The atrocity in Bombay strikes me as one of the two most frightening terrorist attacks on record. The other was not 9/11, but the Oklahoma City bombing. The 9/11 attack was terrifying enough, but may have represented the peak of terrorist resources and genius and probably set the terrorists back a long way in their search for state sponsors. As Edward Luttwak has noted, since 9/11, terrorist attacks have steadily decreased in sophistication and support, but not so much, alas, in effect.
The OK bombing was terrifying because it showed how much carnage one evil man and his henchman can cause. The Mumbai attack shows how many murders a handful of young men with a bag of rifles and ordinance can commit. It's the kind of thing that makes anyone who thinks about it feel like a sitting duck.
There are a couple of specific lessons from Bombay that are worth learning. One is that the Indian government was woefully inadequate in its response. It took them ten hours to get 200 commandos into the city. According to the New York Times blog The Lede, Chief Minister Vilasrao Deshmukh apparently spent ninety minutes listening to a brief before he took action. It gets better:
Most of the NSG men have to be roused from sleep. They don their uniforms, strap on safety gear and collect ammo and firearms. It is discovered that the plane that can take 200 men, the IL 76, is not in Delhi but Chandigarh.

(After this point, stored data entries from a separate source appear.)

//! What a client says.
ghost use Rattle.std.specs.Prelude.{◌≡◌, ◌∷◌, [], codes, decimal, IfOk, Some};
ghost use Rattle.value_model.specs.Val.{text as text_val};
ghost use Rattle.ddp_messages.specs.ClientMessage as client;
ghost use Rattle.ddp_messages.specs.ClientMessage.{client_view};
ghost use Rattle.ddp_messages.specs.Texts.{client_text};

use crate::numbers::id_of;
use ddp_messages::FromClient;
use ejson_value::{Items, Mem, Names, Text, Value, copy_option};
use std::alloc::Global;

// The text of the message. It takes the message, so that no caller has to drop one.
fn text_of(alloc: Global, message: FromClient) -> Result<Text, Mem>
    ensures { IfOk result (λ text. text ≡ client_text (client_view message)) }
{
    let text = message.text(alloc);
    drop(message);
    text
}

// The versions that a client speaks.
fn support(alloc: Global) -> Result<Names, Mem>
    ensures { IfOk result (λ names. names ≡ codes "1" ∷ []) }
{
    let mut names = Names::new(alloc);
    names.push(Text::from_str(alloc, "1")?)?;
    Ok(names)
}

/// A client's first text.
pub fn connect(alloc: Global) -> Result<Text, Mem>
    ensures { IfOk result (λ text. text ≡ client_text (client.connect (codes "1") (Some (codes "1" ∷ [])))) }
{
    let support = Some(support(alloc)?);
    let version = Text::from_str(alloc, "1")?;
    text_of(alloc, FromClient::Connect { version, support })
}

pub fn pong(alloc: Global, id: &Option<Text>) -> Result<Text, Mem>
    ensures { IfOk result (λ text. text ≡ client_text (client.pong id.now)) }
{
    let id = copy_option(id)?;
    text_of(alloc, FromClient::Pong { id })
}

pub fn sub(alloc: Global, id: &Text, name: &Text, params: &Items) -> Result<Text, Mem>
    ensures { IfOk result (λ text. text ≡ client_text (client.sub id.now name.now params.now)) }
{
    let id = id.copy()?;
    let name = name.copy()?;
    let params = params.copy()?;
    text_of(alloc, FromClient::Sub { id, name, params })
}

pub fn unsub(alloc: Global, id: &Text) -> Result<Text, Mem>
    ensures { IfOk result (λ text. text ≡ client_text (client.unsub id.now)) }
{
    let id = id.copy()?;
    text_of(alloc, FromClient::Unsub { id })
}

/// The call of this number, with the seed of its ids.
pub fn method(
    alloc: Global,
    number: u32,
    method: &Text,
    params: &Items,
    seed: &Text,
) -> Result<Text, Mem>
    ensures { IfOk result (λ text. text ≡ client_text (client.method (decimal number) method.now params.now (Some (text_val seed.now)))) }
{
    let id = id_of(alloc, number)?;
    let method = method.copy()?;
    let params = params.copy()?;
    let random_seed = Some(Value::Text(seed.copy()?));
    text_of(
        alloc,
        FromClient::Method {
            id,
            method,
            params,
            random_seed,
        },
    )
}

Someone wakes up the IL 76 pilot, the plane refueled. It finally arrives in Delhi [at 2 am, five and half hours after the attack began].

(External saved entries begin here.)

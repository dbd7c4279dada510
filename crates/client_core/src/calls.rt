//! A client's calls.
ghost use Rattle.std.specs.Prelude.{◌≡◌, ◌≤◌, [], ◌∷◌, ◌++◌, length, false, not, Some, None, is_some, option_map, option_to_list, IfOk, OnOk, if◌then◌else◌};
ghost use Rattle.std.specs.Option.{option_copied};
ghost use Rattle.std.specs.List.{list_all};
ghost use Rattle.ejson_value.specs.View.{view};
ghost use Rattle.program_steps.specs.Runs.{outcome_view};
ghost use Rattle.client_model.specs.Client.{Call as ACall};
ghost use Rattle.client_model.specs.Taking.{call_at, awaits_update, numbers_of, updated_refusal, outcome_by, number_changed, all_changed};
ghost use Rattle.client_model.specs.Taking.{with_outcome, with_update};
ghost use Rattle.client_model.specs.Asking.{outcome_in, call_limit};
ghost use Rattle.client_core.specs.Numbered.{awaits_result, number_where, new_number, AreSeen, AreUpdated};
ghost use Rattle.view_model.specs.Pending.{is_among};

use crate::numbers::number_of;
use ejson_value::{Fault, Mem, Names, Text, Value, copy};
use program_steps::Outcome;
use std::alloc::Global;
use std::collections::BTreeSet;
use std::marker::Model;

/// A call: what the server said that it came to, and whether the server said that its writes are
/// there.
#[derive(Drop)]
pub struct Call {
    outcome: Option<Outcome>,
    is_updated: bool,
}

impl Model for Call {
    ghost use Rattle.std.specs.Prelude.{option_map};
    ghost use Rattle.std.specs.Coded.{codes};
    ghost use Rattle.value_model.specs.Coding.{val_code};
    ghost use Rattle.program_steps.specs.Runs.{outcome_view};
    ghost use Rattle.client_model.specs.Client.{Call as ACall};

    ghost Value = { ACall };

    ghost coded = { Prim.hlevel (codes, val_code) };

    ghost view = { λ a. record { outcome = option_map outcome_view a.outcome; is_updated = a.is_updated } };
}

impl Call {
    /// A call that was made just now.
    pub fn new() -> Call
        ensures { result ≡ record { outcome = None; is_updated = false } }
    {
        Call {
            outcome: None,
            is_updated: false,
        }
    }

    // It came to this.
    fn set_outcome(&mut self, outcome: Outcome)
        ensures { self.new ≡ with_outcome (outcome_view outcome) self.old }
    {
        self.outcome = Some(outcome);
    }

    // Its writes are there.
    fn set_updated(&mut self)
        ensures { self.new ≡ with_update self.old }
    {
        self.is_updated = true;
    }

    /// What it came to, once the server said so and that its writes are there.
    pub fn settled(&self) -> Option<&Outcome>
        ensures { option_map outcome_view (option_copied result) ≡ outcome_in (Some self.now) }
    {
        if self.is_updated {
            self.outcome.as_ref()
        } else {
            None
        }
    }
}

/// The call of this number, the first one having 1.
pub fn call_at(calls: &[Call], number: u32) -> Option<&Call>
    ensures { option_copied result ≡ call_at calls.now number }
{
    if number == 0 {
        None
    } else {
        calls.get(number as usize - 1)
    }
}

/// Whether each call has come to its end.
pub fn are_settled(calls: &[Call]) -> bool
    ensures { result ≡ list_all (λ (call : ACall). is_some (outcome_in (Some call))) calls.now }
{
    calls.iter().all(|call| call.settled().is_some())
}

// Whether the call of this number has no result.
fn awaits_result(calls: &[Call], number: u32) -> bool
    ensures { result ≡ awaits_result (call_at calls.now number) }
{
    match call_at(calls, number) {
        None => false,
        Some(call) => call.outcome.is_none(),
    }
}

// Whether the call of this number isn't updated.
fn awaits_update(calls: &[Call], number: u32) -> bool
    ensures { result ≡ awaits_update (call_at calls.now number) }
{
    match call_at(calls, number) {
        None => false,
        Some(call) => !call.is_updated,
    }
}

/// The number of the call of this id, where it has no result.
pub fn without_result(alloc: Global, calls: &[Call], id: &Text) -> Result<Option<u32>, Mem>
    requires { length calls.now ≤ call_limit }
    ensures { IfOk result (λ number. number ≡ number_where awaits_result calls.now id.now) }
{
    match number_of(alloc, calls.len(), id)? {
        Some(number) if awaits_result(calls, number) => Ok(Some(number)),
        _ => Ok(None),
    }
}

// The number of the call of this id, where it isn't updated.
fn without_update(alloc: Global, calls: &[Call], id: &Text) -> Result<Option<u32>, Mem>
    requires { length calls.now ≤ call_limit }
    ensures { IfOk result (λ number. number ≡ number_where awaits_update calls.now id.now) }
{
    match number_of(alloc, calls.len(), id)? {
        Some(number) if awaits_update(calls, number) => Ok(Some(number)),
        _ => Ok(None),
    }
}

// What a result says that a call came to.
pub fn outcome_by(error: &Option<Fault>, value: &Option<Value>) -> Result<Outcome, Mem>
    ensures { IfOk result (λ outcome. outcome_view outcome ≡ outcome_by error.now (option_map view value.now)) }
{
    match (error, value) {
        (Some(error), _) => Ok(Outcome::Failed(error.copy()?)),
        (None, Some(value)) => Ok(Outcome::Done(Some(copy(value)?))),
        (None, None) => Ok(Outcome::Done(None)),
    }
}

/// The call of this number came to this.
pub fn finish(calls: &mut Vec<Call>, number: u32, outcome: Outcome)
    ensures { calls.new.items ≡ number_changed number (with_outcome (outcome_view outcome)) calls.old.items }
{
    if number == 0 {
        return;
    }
    if let Some(call) = calls.get_mut(number as usize - 1) {
        call.set_outcome(outcome);
    }
}

// The writes of the call of this number are there.
fn update_one(calls: &mut Vec<Call>, number: u32)
    ensures { calls.new.items ≡ number_changed number with_update calls.old.items }
{
    if number == 0 {
        return;
    }
    if let Some(call) = calls.get_mut(number as usize - 1) {
        call.set_updated();
    }
}

/// The writes of these calls are there.
pub fn update(calls: &mut Vec<Call>, numbers: &[u32])
    ensures { calls.new.items ≡ all_changed numbers.now with_update calls.old.items }
{
    for number in numbers {
        update_one(calls, *number);
    }
}

// Puts the number behind the others, unless it is among them.
fn put_number(numbers: &mut Vec<u32>, seen: &mut BTreeSet<u32>, number: u32) -> Result<bool, Mem>
    requires { AreSeen seen.old numbers.old.items }
    ensures added { IfOk result (λ is_new. is_new ≡ not (is_among numbers.old.items number)) }
    ensures put { IfOk result (λ is_new. numbers.new.items ≡ (if is_new then numbers.old.items ++ number ∷ [] else numbers.old.items)) }
    ensures seen { OnOk result (AreSeen seen.new numbers.new.items) }
{
    if !seen.insert(number)? {
        return Ok(false);
    }
    numbers.push(number)?;
    Ok(true)
}

fn put_updated(
    alloc: Global,
    calls: &[Call],
    numbers: &mut Vec<u32>,
    seen: &mut BTreeSet<u32>,
    id: &Text,
) -> Result<bool, Mem>
    requires few { length calls.now ≤ call_limit }
    requires seen { AreSeen seen.old numbers.old.items }
    ensures added { IfOk result (λ is_new. is_new ≡ is_some (new_number calls.now numbers.old.items id.now)) }
    ensures put { OnOk result (numbers.new.items ≡ numbers.old.items ++ option_to_list (new_number calls.now numbers.old.items id.now)) }
    ensures seen { OnOk result (AreSeen seen.new numbers.new.items) }
{
    match without_update(alloc, calls, id)? {
        None => Ok(false),
        Some(number) => put_number(numbers, seen, number),
    }
}

/// The numbers of the calls of these ids. There are none exactly where one of the ids is no call, or
/// is updated, or stands twice.
pub fn updated(alloc: Global, calls: &[Call], ids: &Names) -> Result<Option<Vec<u32>>, Mem>
    requires { length calls.now ≤ call_limit }
    ensures { IfOk result (λ numbers. AreUpdated calls.now ids.now (option_map (λ ns. ns.items) numbers)) }
{
    let mut numbers = Vec::new(alloc);
    let mut seen = BTreeSet::new(alloc);
    for id in ids.as_slice() {
        if !put_updated(alloc, calls, &mut numbers, &mut seen, id)? {
            return Ok(None);
        }
    }
    Ok(Some(numbers))
}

Given India's vulnerability to terrorist attacks, and the recent history of those attacks, you might have thought they could keep 200 commandos in readiness.
It is also very dismaying that the police force already in Mumbai, and present at the scene of the killings, failed to shoot back at the terrorists. Now I understand that the local police were not nearly as well armed as the terrorists, and were not trained to respond to this kind of attack. But there were apparently a lot of them. Can you imagine your average New York City cop hiding behind a desk and not taking a shot when he had one? Mumbai is a city of 19 million. Surely it can afford a SWAT team, or at least a police force that is prepared to use its weapons. This suggests a deep weakness in the state that represents one of the world's most important economies, and soon its largest national population.

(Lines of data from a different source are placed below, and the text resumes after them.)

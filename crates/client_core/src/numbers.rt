//! Methods' ids: the numbers of calls in decimal digits.
ghost use Rattle.std.specs.Prelude.{◌≡◌, ◌≤◌, ◌++◌, IfOk, codes, decimal};
ghost use Rattle.client_model.specs.Taking.{number_of};
ghost use Rattle.client_model.specs.Asking.{call_limit};

use ejson_value::{Mem, Text};
use std::alloc::Global;

/// The number in decimal digits.
pub fn id_of(alloc: Global, number: u32) -> Result<Text, Mem>
    ensures { IfOk result (λ id. id ≡ decimal number) }
{
    Text::from_string(format!(in alloc; "{number}")?)
}

/// The text that a call's ids are drawn from: the session's name, a hyphen and the call's number.
pub fn seed_of(alloc: Global, session: &Text, number: u32) -> Result<Text, Mem>
    ensures { IfOk result (λ seed. seed ≡ session.now ++ codes "-" ++ decimal number) }
{
    let name = session.as_str();
    Ok(Text::from_string(format!(in alloc; "{name}-{number}")?)?)
}

/// The number from 1 to `count` that the id is, if it is one.
pub(crate) fn number_of(alloc: Global, count: usize, id: &Text) -> Result<Option<u32>, Mem>
    requires { count ≤ call_limit }
    ensures { IfOk result (λ number. number ≡ number_of count id.now) }
{
    let Ok(number) = id.as_str().parse::<u32>() else {
        return Ok(None);
    };
    if number == 0 || number as usize > count {
        return Ok(None);
    }
    if id_of(alloc, number)?.as_str() == id.as_str() {
        Ok(Some(number))
    } else {
        Ok(None)
    }
}
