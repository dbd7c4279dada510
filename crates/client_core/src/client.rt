//! The client.
ghost use Rattle.std.specs.Prelude.{◌≡◌, ◌≤◌, ◌∷◌, [], length, suc, option_map, IfOk, OnOk, OnErr};
ghost use Rattle.std.specs.Option.{option_copied};
ghost use Rattle.value_model.specs.Val.{text as text_val};
ghost use Rattle.program_steps.specs.Runs.{outcome_view};
ghost use Rattle.client_model.specs.Client.{new_client};
ghost use Rattle.client_model.specs.Asking.{is_connected, can_sub, subscribed, can_unsub, unsubscribed, can_send, with_text, outcome_of, is_settled};
ghost use Rattle.client_model.specs.Asking.{seed_of, call_limit};
ghost use Rattle.client_model.specs.Showing.{IsShown};
ghost use Rattle.ejson_value.specs.View.{view as value_view};
ghost use Rattle.stub_simulation.specs.Simulating.{simulation, IsSimulated};
ghost use Rattle.client_core.specs.Asked.{Does, Calls, AreOf, IsEntered, IsSent, asked_for, called_by};
ghost use Rattle.client_core.specs.State.{show_lines};
ghost use Rattle.client_model.specs.Lines.{line_texts};

use crate::calls::{Call, are_settled, call_at};
use crate::fault::ClientFault;
use crate::lines::show;
use crate::numbers::seed_of;
use crate::subs::Subs;
use crate::texts;
use app_model::App;
use ejson_codec::Lines;
use ejson_value::{Items, Mem, Text, Value};
use json::Scratch;
use minimongo::View;
use program_steps::Outcome;
use std::alloc::Global;
use std::collections::VecDeque;
use std::marker::Model;
use stub_simulation::{Simulated, simulate_over};

/// How many calls a client makes.
const CALL_LIMIT: usize = 65_536;

/// A client. Contracts see its application, its name, and its state.
pub struct Client {
    pub(crate) alloc: Global,
    pub(crate) app: App,
    pub(crate) name: Text,
    /// The name of the session, once `connected` was taken.
    pub(crate) session: Option<Text>,
    /// Whether the version was refused.
    pub(crate) is_failed: bool,
    /// The number of the refusal of the text that broke the client.
    pub(crate) broken: Option<u8>,
    /// The texts that are to be sent, the first one first.
    pub(crate) waiting: VecDeque<Text>,
    pub(crate) view: View,
    pub(crate) subs: Subs,
    /// The first one has the number 1.
    pub(crate) calls: Vec<Call>,
    /// Room for reading, lent to each text.
    pub(crate) scratch: Box<Scratch>,
}

// A `derive` would have each crate that lets one go prove anew how all that it holds is let go.
impl Drop for Client {
    fn drop(self) {
        let Client {
            alloc: _,
            app,
            name,
            session,
            is_failed: _,
            broken,
            waiting,
            view,
            subs,
            calls,
            scratch,
        } = self;
        drop(app);
        drop(name);
        drop(session);
        drop(broken);
        drop(waiting);
        drop(view);
        drop(subs);
        drop(calls);
        drop(scratch);
    }
}

impl Model for Client {
    ghost use Rattle.std.specs.Prelude.{◌≤◌, length};
    ghost use Rattle.std.specs.Coded.{codes};
    ghost use Rattle.value_model.specs.Coding.{val_code};
    ghost use Rattle.minimongo.specs.State.{documents_code};
    ghost use Rattle.client_model.specs.Asking.{call_limit};
    ghost use Rattle.client_model.specs.Showing.{IsShown};
    ghost use Rattle.client_core.specs.State.{Own, state_of};

    ghost Value = { Own };

    ghost coded = { Prim.hlevel (codes, val_code, documents_code) };

    ghost view = { λ a. record { app = a.app; name = a.name; client = state_of a.session a.is_failed a.broken a.waiting.items a.view a.subs a.calls.items } };

    ghost invariant = { λ a. IsShown (state_of a.session a.is_failed a.broken a.waiting.items a.view a.subs a.calls.items)
        × (length a.calls.items ≤ call_limit) };
}

// A queue of this text alone.
fn one_text(alloc: Global, text: Text) -> Result<VecDeque<Text>, Mem>
    ensures { IfOk result (λ queue. queue.items ≡ text ∷ []) }
{
    let mut queue = VecDeque::new(alloc);
    queue.push_back(text)?;
    Ok(queue)
}

impl Client {
    /// A client of this name, which runs the stubs of the application's methods. Its `connect` is to
    /// be sent.
    pub fn new(alloc: Global, app: &App, name: &Text) -> Result<Client, Mem>
        ensures { IfOk result (λ c. c ≡ record { app = app.now; name = name.now; client = new_client }) }
    {
        let app = app.copy()?;
        let name = name.copy()?;
        let waiting = one_text(alloc, texts::connect(alloc)?)?;
        let scratch = Box::new(alloc, Scratch::new(alloc))?;
        Ok(Client {
            alloc,
            app,
            name,
            session: None,
            is_failed: false,
            broken: None,
            waiting,
            view: View::new(alloc),
            subs: Subs::new(alloc),
            calls: Vec::new(alloc),
            scratch,
        })
    }

    /// Tells a proof what a client keeps: its view has the server's document, or its absence, at each
    /// key that no open call holds, and only calls that await their `updated` hold any. It does
    /// nothing.
    pub fn known(&self)
        ensures shown { IsShown self.now.client }
        ensures few { length self.now.client.calls ≤ call_limit }
    {
        let _ = &self.calls;
    }

    /// Whether it took `connected`, and no text broke it.
    pub fn connected(&self) -> bool
        ensures { result ≡ is_connected self.now.client }
    {
        self.session.is_some() && self.broken.is_none()
    }

    /// Whether it took `failed`: the server doesn't speak its version.
    pub fn failed(&self) -> bool
        ensures { result ≡ self.now.client.is_failed }
    {
        self.is_failed
    }

    /// Its documents, with the changes of open simulations.
    pub fn view(&self) -> &View
        ensures { result.now ≡ self.now.client.documents }
    {
        &self.view
    }

    /// What the call of this number came to, once the server said so and that its writes are there.
    pub fn outcome(&self, method: u32) -> Option<&Outcome>
        ensures { option_map outcome_view (option_copied result) ≡ outcome_of method self.now.client }
    {
        match call_at(self.calls.as_slice(), method) {
            None => None,
            Some(call) => call.settled(),
        }
    }

    /// Whether no subscription and no call waits.
    pub fn settled(&self) -> bool
        ensures { result ≡ is_settled self.now.client }
    {
        !self.subs.some_waits() && are_settled(self.calls.as_slice())
    }

    /// How many texts are to be sent out of the client.
    pub fn waiting(&self) -> usize
        ensures { result ≡ length self.now.client.waiting }
    {
        self.waiting.len()
    }

    /// Takes the next text that is to be sent out of the client.
    pub fn next_out(&mut self) -> Option<Text>
        ensures { IsSent self.old self.new result }
    {
        self.waiting.pop_front()
    }

    // Queues a text.
    fn queue(&mut self, text: Text) -> Result<(), Mem>
        ensures ok { OnOk result (self.new ≡ record self.old { client = with_text text self.old.client }) }
        ensures err { OnErr result (self.new ≡ self.old) }
    {
        self.waiting.push_back(text)?;
        Ok(())
    }

    /// Queues a text of the caller's own (to try a server with). No subscription and no call is known
    /// of it. `Idle` comes exactly where the client is broken.
    pub fn raw(&mut self, text: &Text) -> Result<(), ClientFault>
        ensures { Does (can_send self.old.client) (with_text text.now) self.old self.new result }
    {
        if self.broken.is_some() {
            return Err(ClientFault::Idle);
        }
        self.queue(text.copy()?)?;
        Ok(())
    }

    // The subscription waits, and so does its text.
    fn enter_sub(&mut self, id: Text, text: Text) -> Result<(), Mem>
        ensures ok { OnOk result (self.new ≡ record self.old { client = asked_for id text self.old.client }) }
        ensures err { OnErr result (self.new ≡ self.old) }
    {
        self.waiting.reserve(1)?;
        self.subs.ask(id)?;
        self.waiting.push_back(text).unwrap();
        Ok(())
    }

    /// Asks for a publication, under an id of the caller's choice. `Idle` comes exactly where the
    /// client isn't connected or the subscription of this id waits or is ready.
    pub fn sub(&mut self, id: &Text, name: &Text, params: &Items) -> Result<(), ClientFault>
        ensures { Does (can_sub id.now self.old.client) (subscribed id.now name.now params.now) self.old self.new result }
    {
        if !self.connected() || self.subs.is_live(id) {
            return Err(ClientFault::Idle);
        }
        let text = texts::sub(self.alloc, id, name, params)?;
        self.enter_sub(id.copy()?, text)?;
        Ok(())
    }

    /// Asks for the end of a subscription. `Idle` comes exactly where the client isn't connected, the
    /// subscription of this id neither waits nor is ready, or it was asked for already.
    pub fn unsub(&mut self, id: &Text) -> Result<(), ClientFault>
        ensures { Does (can_unsub id.now self.old.client) (unsubscribed id.now) self.old self.new result }
    {
        if !self.connected() || !self.subs.is_running(id) {
            return Err(ClientFault::Idle);
        }
        let text = texts::unsub(self.alloc, id)?;
        self.queue(text)?;
        self.subs.stop(id);
        Ok(())
    }

    // The call of this number waits, its text too, and its simulation is shown.
    fn enter_call(&mut self, number: u32, text: Text, simulated: &Simulated) -> Result<(), Mem>
        requires next { number ≡ suc (length self.old.client.calls) }
        requires few { number ≤ call_limit }
        requires of { AreOf self.old.client.documents.view simulated.now }
        ensures ok { OnOk result (IsEntered number text simulated.now self.old self.new) }
        ensures err { OnErr result (self.new ≡ self.old) }
    {
        self.known();
        self.waiting.reserve(1)?;
        self.calls.reserve(1)?;
        self.view
            .simulate(number, &simulated.changes, &simulated.touched)?;
        self.waiting.push_back(text).unwrap();
        self.calls.push(Call::new()).unwrap();
        Ok(())
    }

    // What the method's stub does to the view.
    fn simulated(&self, method: &Text, params: &Items, seed: &Value) -> Result<Simulated, Mem>
        ensures { IfOk result (IsSimulated self.now.client.documents.view
            (simulation self.now.app method.now params.now (value_view seed.now) self.now.client.documents.view)) }
    {
        let view = &self.view;
        simulate_over(
            self.alloc,
            &self.app,
            method,
            params,
            seed,
            view.contents(),
            view.bytes(),
        )
    }

    // Makes the call of this number, whose ids are drawn from the seed.
    fn make_call(
        &mut self,
        number: u32,
        seed: Text,
        method: &Text,
        params: &Items,
    ) -> Result<(), Mem>
        requires next { number ≡ suc (length self.old.client.calls) }
        requires few { number ≤ call_limit }
        requires seed { text_val seed ≡ seed_of self.old.client.session number }
        ensures ok { OnOk result (self.new ≡ called_by method.now params.now self.old) }
        ensures err { OnErr result (self.new ≡ self.old) }
    {
        let alloc = self.alloc;
        let text = texts::method(alloc, number, method, params, &seed)?;
        let seed = Value::Text(seed);
        let simulated = self.simulated(method, params, &seed)?;
        self.enter_call(number, text, &simulated)
    }

    /// Calls a method, whose stub runs at once on the view. It answers the call's number: calls are
    /// numbered from 1. `Idle` comes exactly where the client isn't connected or has made 65,536
    /// calls.
    pub fn call(&mut self, method: &Text, params: &Items) -> Result<u32, ClientFault>
        ensures { Calls method.now params.now self.old self.new result }
    {
        let count = self.calls.len();
        if !self.connected() || count >= CALL_LIMIT {
            return Err(ClientFault::Idle);
        }
        let Some(session) = &self.session else {
            return Err(ClientFault::Idle);
        };
        let number = count as u32 + 1;
        let seed = seed_of(self.alloc, session, number)?;
        self.make_call(number, seed, method, params)?;
        Ok(number)
    }

    /// What the client has, each line an EJSON list: its name; its documents by collection and id; its
    /// subscriptions by id, each with its state; and its calls by number, each with what it came to.
    pub fn show_lines(&self) -> Result<Lines, Mem>
        ensures { IfOk result (λ lines. lines ≡ line_texts (show_lines self.now)) }
    {
        self.known();
        show(
            self.alloc,
            &self.name,
            self.view.contents(),
            &self.subs,
            self.calls.as_slice(),
        )
    }
}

The other lesson is that the political solution to terrorism is no solution at all. From the National Review:
Many put the blame for the attack on years of Indian-Pakistani hostility and tension. In fact, relations between the two countries have never been warmer. This past month, Pakistan's new president stunned and delighted Indians by publicly renouncing any first use of nuclear weapons. Violence in Kashmir, the principal bone of contention between India and Pakistan since 1947, is on the decline. Before the Mumbai attacks, politicians were scheduled to start talks on permitting trade across the region's Line of Control, so that Hindu farmers in Indian Kashmir can sell their wheat or a used tractor to Muslim farmers in Pakistani Kashmir.
This is precisely what the terrorists don't want, of course. It's the fact that tensions over Kashmir are diminishing that prompted them to attack on the November 28 — just as al-Qaeda blew up Samarra's Golden Mosque in Iraq back in 2006 in order to keep Shias and Sunnis hating and killing each other. The illusion that formal agreements between peoples and governments —whether between India and Pakistan or Israel and the Palestinian Authority —can somehow defuse the terrorist problem was the among the first casualties in Mumbai. Terrorists see it the other way around: the relaxation of tensions is a problem requiring bloodshed. Islamic terrorists don't want justice or respect for their beliefs, or restoration of some imaginary homeland. They want violence and death.
This has to be understood. The terrorists attacked Mumbai because it is India's most cosmopolitan city, a simple of globalization. Mumbai is India's World Trade Center. The nations of the world cannot negotiate with people whose bottom line demand is that the world should go away. The only solution to this problem is a military solution: catch these people or kill them before they can kill anyone else.